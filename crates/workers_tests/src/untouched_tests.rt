// A station's call takes no step but its own: what it leaves of a busy station is seen when the station is finished.

use crate::asks::{Ask, Heard};
use crate::busy::{BUSY, SEEN};
use crate::done::{Done, DoneAlone, NOTHING};
use crate::finishing::Try;
use crate::looks::{AtDesk, Look, Member};
use crate::plans::{Plan, runs};
use crate::shifts::Shift;
use crate::steps::Step;
use crate::tickets::{Answer, Fate};
use crate::wanted::{ONE_BOOKED, OPENED_5, RX2_ON_1, TWO_BOOKED};
use answer_ticket::Ending;
use gateway_book::{Refusal, Totals};
use server_core::{DataRate, DeskFault, QueueFault, TakeFault};
use server_workers::{FinishCause, TotalsFault};
use std::alloc::Global;
use std::sync::Wait;
use std::test::Fail;
use std::thread::Threads;

/// What is seen in place of the sight with this place.
type Change = (usize, Look);

/// A call, and what is seen then in place of the sights with these places.
type Call = (Step, &'static [Change]);

const SENT_3: Change = (
    2,
    Look::Desk(AtDesk::Sent(3, Some((1, 7_000_000, 991_232)))),
);

const ON_AIR_3: Change = (4, Look::Desk(AtDesk::Answered(1, Some(1_032_448))));

const TAKEN_3: Change = (6, Look::Desk(AtDesk::Take(3, Some(TakeFault::Taken))));

const KEPT_3: Change = (
    17,
    Look::Kept(
        0,
        1,
        Some(Member {
            number: 3,
            start: 7_000_000,
            freq_hz: 869_525_000,
            rate: DataRate::Dr0,
            len: 12,
        }),
    ),
);

const TOTALS_3: Change = (
    19,
    Look::Totals(
        0,
        Totals {
            booked: 1_032_448,
            kept_airtime: 1_032_448,
            floor: 3,
            ..TWO_BOOKED
        },
    ),
);

const BOOKED_3: Change = (24, Look::Booked(1_073_664));

/// Number 3 is answered in RX2, since RX1 is taken, and nothing else is done.
const ANSWERED_3: &[Change] = &[SENT_3, ON_AIR_3, TAKEN_3, KEPT_3, TOTALS_3, BOOKED_3];

/// The ticket of number 3 is lost.
const LOST_3: &[Change] = &[
    TAKEN_3,
    (
        13,
        Look::Desk(AtDesk::Probe(3, 0, (0, true, Err(TakeFault::Engaged)))),
    ),
];

/// Number 3 is booked by its second try, and settled.
const BOOK_3: Step = Step::Take(3, Fate::RefusedAndSettled, true, RX2_ON_1);

/// The answer to number 1 is cancelled.
const CANCELLED: Call = (
    Step::Ask(Ask::Cancel(0, Ok(41_216))),
    &[
        (16, Look::Kept(0, 0, None)),
        (
            19,
            Look::Totals(
                0,
                Totals {
                    booked: 41_216,
                    cancelled: 41_216,
                    retired: 0,
                    kept_airtime: 0,
                    kept: 0,
                    floor: 3,
                },
            ),
        ),
    ],
);

static CALLS: [Call; 23] = [
    (
        Step::Ask(Ask::Queue(5, &[2], Ok(2))),
        &[(
            15,
            Look::Desk(AtDesk::Probe(5, 0, (2, false, Ok((0, 14, 48))))),
        )],
    ),
    (
        Step::Hear(Heard::Of(1, 1), OPENED_5),
        &[
            (9, Look::Desk(AtDesk::Pass(2_000_000, Some(5)))),
            (
                11,
                Look::Desk(AtDesk::Probe(1, 1, (0, true, Ok((1, 22, 32))))),
            ),
        ],
    ),
    (
        Step::Ask(Ask::Pass(2_000_000, Some(4))),
        &[
            (
                7,
                Look::Desk(AtDesk::Hear(4, 1_000_100, Err(DeskFault::Late))),
            ),
            (8, Look::Desk(AtDesk::Pass(2_000_000, None))),
        ],
    ),
    (Step::Take(3, Fate::Lost, false, Ending::GivenUp), LOST_3),
    (
        Step::Take(3, Fate::GivenUp, true, Ending::GivenUp),
        &[TAKEN_3],
    ),
    (
        Step::Take(3, Fate::RefusedAndLost, false, Ending::GivenUp),
        LOST_3,
    ),
    (BOOK_3, ANSWERED_3),
    // Whoever answers number 3 books it in RX2; 1 and 2 were taken, and 4 isn't ready.
    (
        Step::Answer(3, Answer::Freely((Some(RX2_ON_1), 0))),
        ANSWERED_3,
    ),
    (
        Step::Work(Shift::Alone(
            4,
            &[1, 2, 3, 4],
            DoneAlone {
                outcomes: 1,
                skipped: &[],
                refused: &[
                    (1, TakeFault::Taken),
                    (2, TakeFault::Taken),
                    (4, TakeFault::NotReady),
                ],
                overrun: 0,
                left: [None, None],
            },
        )),
        ANSWERED_3,
    ),
    (
        Step::Work(Shift::Crew(
            (1, 4, 1),
            Ok(Done {
                ran: 1,
                answered: 1,
                receipts: 1,
                refused: 3,
                ..NOTHING
            }),
        )),
        ANSWERED_3,
    ),
    (
        Step::Work(Shift::Crew(
            (1, 4, 2),
            Ok(Done {
                ran: 2,
                answered: 1,
                receipts: 1,
                refused: 3,
                ..NOTHING
            }),
        )),
        ANSWERED_3,
    ),
    (
        Step::Work(Shift::Crew(
            (3, 3, 3),
            Ok(Done {
                ran: 3,
                answered: 1,
                receipts: 1,
                are_in_order: true,
                ..NOTHING
            }),
        )),
        ANSWERED_3,
    ),
    CANCELLED,
    (
        Step::Ask(Ask::Tick(1, 7, Some(7))),
        &[(
            19,
            Look::Totals(
                0,
                Totals {
                    floor: 7,
                    ..ONE_BOOKED
                },
            ),
        )],
    ),
    (
        Step::Ask(Ask::Totals(
            1,
            0,
            Ok(Totals {
                floor: 3,
                ..ONE_BOOKED
            }),
        )),
        &[],
    ),
    // Refused calls take no step.
    (
        Step::Ask(Ask::Queue(9, &[2], Err(QueueFault::UnknownDevice))),
        &[],
    ),
    (
        Step::Hear(Heard::By(1, 9, 0), Err(DeskFault::UnknownGateway)),
        &[],
    ),
    (Step::Ask(Ask::Pass(200_001, None)), &[]),
    // Number 4 isn't ready, and number 1 was taken.
    (Step::Answer(4, Answer::Freely((None, 0))), &[]),
    (Step::Answer(1, Answer::Freely((None, 0))), &[]),
    (Step::Ask(Ask::Tick(9, 9, None)), &[]),
    (
        Step::Ask(Ask::Totals(2, 1_000_000, Err(TotalsFault::Behind { booked: 41_216 }))),
        &[],
    ),
    (
        Step::Ask(Ask::Totals(9, 0, Err(TotalsFault::UnknownGateway))),
        &[],
    ),
];

/// A busy station is called, and finished in so many tries.
fn calls<R: Threads + Wait + Sync>(
    rt: &R,
    alloc: Global,
    steps: &[Step],
    changes: &[Change],
    tries: &[Try],
) -> Result<(), Fail> {
    let plan = Plan {
        gateways: &[2, 1],
        devices: 5,
        before: &BUSY,
        steps,
        tries,
        sights: &SEEN,
        changes,
    };
    runs(rt, alloc, &plan)
}

/// It is finished at once.
static AT_ONCE: [Try; 1] = [(1, 0, None)];

#[test]
fn each_call_takes_its_own_step_alone(rt: HostRuntime) -> Result<(), Fail> {
    for (step, changes) in CALLS.iter() {
        calls(&rt, rt.alloc(), &[*step], changes, &AT_ONCE)?;
    }
    Ok(())
}

/// An uplink that was heard as number 1 was finds both windows taken once number 3 is booked.
static USED_UP: [Step; 4] = [
    Step::Hear(Heard::Of(5, 0), OPENED_5),
    Step::Ask(Ask::Pass(200_001, Some(5))),
    BOOK_3,
    Step::Take(
        5,
        Fate::RefusedTwice,
        true,
        Ending::Unanswered(Refusal::Taken { start: 7_000_000 }),
    ),
];

/// What was refused to the last uses its counter up, and its payload waits on.
const LEFT_5: &[Change] = &[
    SENT_3,
    ON_AIR_3,
    TAKEN_3,
    (9, Look::Desk(AtDesk::Sent(5, None))),
    (10, Look::Desk(AtDesk::Take(5, Some(TakeFault::Taken)))),
    (
        15,
        Look::Desk(AtDesk::Probe(5, 0, (1, true, Ok((1, 14, 48))))),
    ),
    KEPT_3,
    TOTALS_3,
    BOOKED_3,
];

#[test]
fn the_last_refusal_takes_no_step_at_the_book(rt: HostRuntime) -> Result<(), Fail> {
    calls(&rt, rt.alloc(), &USED_UP, LEFT_5, &AT_ONCE)
}

/// It isn't finished without its till, nor with the receipt of what was cancelled.
static REFUSED_TWICE: [Try; 3] = [
    (0, 0, Some(FinishCause::TillMissing)),
    (1, 2, Some(FinishCause::Lost { number: 1 })),
    (1, 0, None),
];

#[test]
fn a_refused_finish_takes_no_step(rt: HostRuntime) -> Result<(), Fail> {
    let (step, changes) = CANCELLED;
    calls(&rt, rt.alloc(), &[step], changes, &REFUSED_TWICE)
}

------------------------------

> YOUR OBJECTIVE:
From the entries above, extract each line containing "HostRuntime".

> FINAL ANSWER:
fn each_call_takes_its_own_step_alone(rt: HostRuntime) -> Result<(), Fail> {
fn the_last_refusal_takes_no_step_at_the_book(rt: HostRuntime) -> Result<(), Fail> {
fn a_refused_finish_takes_no_step(rt: HostRuntime) -> Result<(), Fail> {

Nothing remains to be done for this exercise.